时光荏苒,转眼三年。
    宸王萧珏已经会跑会跳,会奶声奶气地叫“父皇”“母妃”。他生得玉雪可爱,眉眼像极了沈清辞,只有笑起来时,眼角微微上挑的弧度,隱约有裴寂的影子。
    萧衍极宠这个儿子,时常抱他在膝上,教他认字,带他骑马。甚至破例让三岁的孩子入御书房,说“朕的珏儿,將来是要继承大统的”。
    这话传出去,前朝后宫都明白了,陛下属意的储君,是宸王。
    太子之位空悬多年,如今终於有了人选。
    可偏偏这时,萧衍病了。
    起初只是风寒,咳嗽了几日。太医开了药,说静养就好。谁知越养越重,到了八月,竟咳出血来。
    太医院会诊,诊出是积劳成疾,加上早年征战留下的旧伤,如今一併发作,已成沉疴。
    “陛下需绝对静养,切勿再劳神。
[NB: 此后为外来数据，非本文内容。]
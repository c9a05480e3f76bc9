// The whole text of an outcome, from the start of a buffer of 8,192 bytes: it always fits.
ghost use Rattle.marks.specs.Marks.{marked};
ghost use Rattle.text.specs.Text.{Outcome, WroteText};

use crate::line::Text;

// A refusal by its number.
pub fn write_refused(out: &mut [u8; 8192], number: u32) -> usize
    ensures { WroteText (Outcome.refused number) out.old out.new result }
{
    let mut text = Text::new(out);
    text.number_line(b"refused ", number);
    text.end
}

// A refusal of RECORD, with its place.
pub fn write_refused_at(out: &mut [u8; 8192], place: u32) -> usize
    ensures { WroteText (Outcome.refused_at place) out.old out.new result }
{
    let mut text = Text::new(out);
    text.number_line(b"refused 3 ", place);
    text.end
}

// FOLLOWS: the steps, the module by its marks, the set by its own.
pub fn write_follows<'a>(
    out: &mut [u8; 8192],
    steps: u32,
    marks: &'a [u64],
    set: &'a [u64],
) -> usize
    ensures { WroteText (Outcome.follows steps (marked marks.now) (marked set.now)) out.old out.new result }
{
    let mut text = Text::new(out);
    text.number_line(b"follows ", steps);
    text.list_line(b"module ", marks);
    text.list_line(b"set ", set);
    text.end
}

// NOT: the rows, the module by its marks.
pub fn write_not(out: &mut [u8; 8192], rows: u32, marks: &[u64]) -> usize
    ensures { WroteText (Outcome.not_follows rows (marked marks.now)) out.old out.new result }
{
    let mut text = Text::new(out);
    text.number_line(b"not ", rows);
    text.list_line(b"module ", marks);
    text.end
}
”王太医跪在榻前,声音发颤,“否则……恐有性命之忧。”
    萧衍靠在引枕上,脸色灰败,却还强撑著笑:“朕自己的身体,朕清楚。还能撑几年?”
    王太医伏地不敢言。
    “说吧,朕恕你无罪。”
    “若好生將养……或许……三五年。”王太医声音越来越低。
    殿內死寂。
    萧衍闭了闭眼,挥挥手:“都退下吧。”
    人走光了,他才剧烈咳嗽起来,帕子上又是一滩血。他看著那刺目的红,忽然笑了。
    三五年?
    够了。
    够他安排好身后事了。
    永和宫。
    沈清辞正在教萧珏背诗。三岁的小人儿,摇头晃脑地念:“床前明月光,疑是地上霜……”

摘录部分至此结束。